Ein wichtiges Thema, mit dem sich die Frauenbewegung auseinandersetzt, ist der Drogenkonsum, sagt Oğuz: „In Kerboran beobachten wir, dass versucht wird, den Drogenkonsum zu erhöhen. Dies ist Teil des Spezialkriegs und richtet sich insbesondere gegen Viertel, in denen es während des Kampfes um Selbstverwaltung starken Widerstand gab. Wir befassen uns intensiv mit dem Thema. Einer der Bereiche, in dem es viele junge Männer und Frauen gibt, sind die Textilwerkstätten. Wir haben erfahren, dass Organisationen wie TÜGVA (Jugendstiftung des türkischen Staates) dort unter dem Deckmantel der Drogenbekämpfung hingehen und versuchen, mit den Jugendlichen ins Gespräch zu kommen und sie für sich zu gewinnen. Eine unserer Aktivitäten im Rahmen unseres Programms für den 25. November wird der Besuch dieser Werkstätten sein.“

Wie geht es weiter nach dem 25. November?

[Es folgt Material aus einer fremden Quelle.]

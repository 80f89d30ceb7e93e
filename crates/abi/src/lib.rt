//! The interface in C, as include/fir.h declares it: the caller owns the state of a run and lends it to each call. The crate abi_c exports
//! each function to C under the same contract.
#![tactic(auto)]

ghost use Rattle.std.specs.Prelude.{◌≡◌, min, length};
ghost use Rattle.layout.specs.Bounds.{IMAGE};
ghost use Rattle.layout.specs.declared.Form.{Form};
ghost use Rattle.checker.specs.Verdicts.{verdict_in, verdict_of};
ghost use Rattle.checker.specs.Reports.{report_in, report_text};
ghost use Rattle.writer.specs.Text.{placed};
ghost use Rattle.machine.specs.Begin.{program_of};
ghost use Rattle.machine.specs.Changes.{change_of};
ghost use Rattle.machine.specs.Frames.{read_of};
ghost use Rattle.machine.specs.Pools.{pool_back, pool_change};
ghost use Rattle.machine.specs.Runs.{budget_of, step_of};
ghost use Rattle.machine.specs.Searches.{search_of};
ghost use Rattle.machine.specs.Values.{RANGE};
ghost use Rattle.machine.specs.Watches.{rows_after, watched_of};
ghost use Rattle.loaded.specs.Loaded.{program_in};
ghost use Rattle.loaded.specs.Loading.{Stands, bytes_for, load_of};
ghost use Rattle.loaded.specs.Running.{run_in_to};
ghost use Rattle.begin.specs.Asking.{entered_at};
ghost use Rattle.joins.specs.Joins.{join_of, joined_buffer};
ghost use Rattle.mends.specs.Mends.{mend_of};
ghost use Rattle.moves.specs.Moves.{buffer_after, move_of};
ghost use Rattle.bounds.specs.Bounds.{report};
ghost use Rattle.bounds.specs.Rows.{bounds_of, numbers_after, steps_after, unless};
ghost use Rattle.whereabouts.specs.Looks.{look_of};
ghost use Rattle.whereabouts.specs.Where.{where_of};
ghost use Rattle.words.specs.Words.{answer_text, question_text, written_of};
ghost use Rattle.abi.specs.Answers.{grant_numbers, form_of, joined_numbers, loaded_numbers, mended_numbers};
ghost use Rattle.abi.specs.Answers.{search_numbers, state_alignment, state_size, verdict_numbers, version_numbers, watched_numbers, where_numbers};
ghost use Rattle.abi.specs.Exits.{Answers, Began, Rests, Steps, entrance};
ghost use Rattle.abi.specs.Held.{held};
ghost use Rattle.abi.specs.Looks.{read_numbers};
ghost use Rattle.abi.specs.Pools.{AnswersIn, BeginsIn, MakesIn, RunsIn, StepsIn};
ghost use Rattle.abi.specs.Trails.{AnswersOn, BacksOn, ChangesOn, Started, StepsOn};

use answers::{
    FirAnswer, FirEntry, FirJoined, FirLoaded, FirMended, FirSaid, FirSearched, FirTurn, FirValue,
    FirVerdict, FirVersion, FirWatched, FirWhere,
};
use begin::Entrance;
use checker::{questions, report};
use entry::Start;
use machine::{Pool, Row};
use pool::{Ask, Room};
use state::{FirState, FirTrail};

pub mod answers;
pub mod entry;
pub mod parts;
pub mod pool;
pub mod state;
pub mod trail;

/// The number of the interface, and that of the layout of a stored state.
pub fn fir_version() -> FirVersion
    ensures { result ≡ version_numbers }
{
    answers::version()
}

/// Writes what a refusal by a question says from the place 0 on, and gives its length; a buffer that is too short is left as it
/// was, and the answer is 0. So it is for a number that is no question's.
pub fn fir_question_text(question: u8, text: &mut [u8]) -> usize
    ensures { (result ≡ written_of (question_text question) (length text.old))
        × (text.new ≡ placed text.old 0 (question_text question)) }
{
    words::question_text(question, text)
}

/// Writes what the code of an answer to a step or a budget says, as `fir_question_text` does; 0 for a number that is no code.
pub fn fir_answer_text(code: u8, text: &mut [u8]) -> usize
    ensures { (result ≡ written_of (answer_text code) (length text.old))
        × (text.new ≡ placed text.old 0 (answer_text code)) }
{
    words::answer_text(code, text)
}

/// The size of a state in bytes.
pub fn fir_state_size() -> usize
    ensures { result ≡ state_size }
{
    19664
}

/// The alignment of a state in bytes.
pub fn fir_state_alignment() -> usize
    ensures { result ≡ state_alignment }
{
    8
}

/// Checks an image.
pub fn fir_check(image: &[u8]) -> FirVerdict
    ensures { result ≡ verdict_numbers (verdict_of image.now) }
{
    answers::verdict(questions::verdict(image))
}

/// Writes the text that `check` prints from the place 0 on, and gives its length; a buffer that is too short is left as it
/// was, and the answer is 0.
pub fn fir_report(image: &[u8], text: &mut [u8]) -> usize
    ensures { (result ≡ written_of (report_text image.now) (length text.old))
        × (text.new ≡ placed text.old 0 (report_text image.now)) }
{
    match report::report(image, text) {
        Some(n) => n,
        None => 0,
    }
}

/// Checks an image in a form: 1 names that of 32 bits, any other number that of 64.
pub fn fir_check_in(image: &[u8], form: u8) -> FirVerdict
    ensures { result ≡ verdict_numbers (verdict_in (form_of form) image.now) }
{
    answers::verdict(questions::verdict_in(image, answers::form(form)))
}

/// As `fir_report`, of an image in a form.
pub fn fir_report_in(image: &[u8], form: u8, text: &mut [u8]) -> usize
    ensures { (result ≡ written_of (report_in (form_of form) image.now) (length text.old))
        × (text.new ≡ placed text.old 0 (report_in (form_of form) image.now)) }
{
    match report::report_in(image, answers::form(form), text) {
        Some(n) => n,
        None => 0,
    }
}

/// Moves an image of the 32-bit form to the 64-bit form: 0 and its length there, from the place 0 of the buffer on, or the
/// question that refuses and the offset. A refusal writes nothing.
pub fn fir_widen(image: &[u8], out: &mut [u8]) -> FirVerdict
    ensures { (result ≡ verdict_numbers (move_of Form.Narrow image.now (length out.old)))
        × (out.new ≡ buffer_after Form.Narrow image.now out.old) }
{
    answers::verdict(moves::widen(image, out))
}

/// Moves an image of the 64-bit form to the 32-bit form, as `fir_widen`.
pub fn fir_narrow(image: &[u8], out: &mut [u8]) -> FirVerdict
    ensures { (result ≡ verdict_numbers (move_of Form.Wide image.now (length out.old)))
        × (out.new ≡ buffer_after Form.Wide image.now out.old) }
{
    answers::verdict(moves::narrow(image, out))
}

/// Lists the versions of an image with the most steps that a run of each takes: 0 and the number of rows, or the question that
/// refuses the image and the offset. The row `i` has the function and the version at 2 × `i` and 2 × `i` + 1 of `numbers`, and its bound at
/// `i` of `steps`. Rows past the last stay, and a refusal writes nothing.
pub fn fir_bounds(image: &[u8], numbers: &mut [u8; 128], steps: &mut [u64; 64]) -> FirVerdict
    ensures { (result ≡ verdict_numbers (bounds_of image.now))
        × (numbers.new ≡ unless (bounds_of image.now) numbers.old (numbers_after numbers.old 0 (report (program_of image.now))))
        × (steps.new ≡ unless (bounds_of image.now) steps.old (steps_after steps.old 0 (report (program_of image.now)))) }
{
    answers::verdict(bounds::bounds_of(image, numbers, steps))
}

/// Joins two images, the first before the second, whose functions follow the first's: 0 and the length of the joined image, which the
/// buffer has from the place 0 on, or the question that refuses, the offset and the image that it refuses. A refusal writes nothing.
pub fn fir_join(first: &[u8], second: &[u8], out: &mut [u8]) -> FirJoined
    ensures { (result ≡ joined_numbers (join_of first.now second.now (length out.old)))
        × (out.new ≡ joined_buffer first.now second.now out.old) }
{
    answers::joined(joins::join(first, second, out))
}

/// The one register type byte whose change makes a refused image accepted, beside the refusal; the image is not written.
pub fn fir_mend(image: &[u8]) -> FirMended
    ensures { result ≡ mended_numbers (mend_of image.now) }
{
    answers::mended(mends::mend(image))
}

/// How many bytes the table of an image of so many bytes needs.
pub fn fir_table_size(bytes: usize) -> usize
    ensures { result ≡ bytes_for (min bytes IMAGE) }
{
    loaded::bytes_for(bytes)
}

/// Checks an image and fills its table: image and table stand for the image's program then. On a refusal, and where the table is
/// too short, they stand for the program without versions.
pub fn fir_load(image: &[u8], table: &mut [u8]) -> FirLoaded
    ensures { (result ≡ loaded_numbers (load_of image.now (length table.old)))
        × Stands image.now table.new (load_of image.now (length table.old))
        × (length table.new ≡ length table.old) }
{
    answers::loaded(loaded::load(image, table))
}

/// Begins a run, at a level, of a version of a function of a loaded image: its first state is written, every byte of it. A refusal
/// writes nothing. The buffer is asked for its length only.
pub fn fir_begin(
    image: &[u8],
    table: &[u8],
    level: usize,
    function: usize,
    version: usize,
    words: &[i64],
    buffer: &[i64],
    state: &mut FirState,
) -> FirEntry
    ensures { (result ≡ grant_numbers (entered_at (program_in image.now table.now) (entrance level function version) words.now buffer.now).entry)
        × Began (entered_at (program_in image.now table.now) (entrance level function version) words.now buffer.now).entry
        (program_in image.now table.now) (entrance level function version) words.now buffer.now
        state.old state.new }
{
    let at = Entrance {
        level: level,
        function: function,
        version: version,
    };
    entry::begun(
        image,
        table,
        at,
        words,
        buffer,
        &mut state.bytes,
        &mut state.numbers,
    )
}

Yüksel Oğuz berichtet außerdem über die Politik des 2016 anstelle der HDP-Bürgermeister:innen eingesetzten Zwangsverwalters in Kerboran. Dieser Zwangsverwalter habe nicht nur die Fraueneinrichtungen geschlossen, sondern auch ihren gesamten Besitz beschlagnahmt. Bei den Kommunalwahlen 2019 habe dann die AKP gewonnen, allerdings habe die YSP bei den Wahlen im Mai 5.000 Stimmen mehr als die AKP erhalten. Oğuz setzt daher auf die voraussichtlich im März 2023 bevorstehenden Kommunalwahlen. So werde insbesondere die Vorbereitung für die Wahlen nach dem 25. November gestärkt, sodass die Frauen nach den Wahlen wieder einen starken Platz in der Stadtverwaltung einnehmen.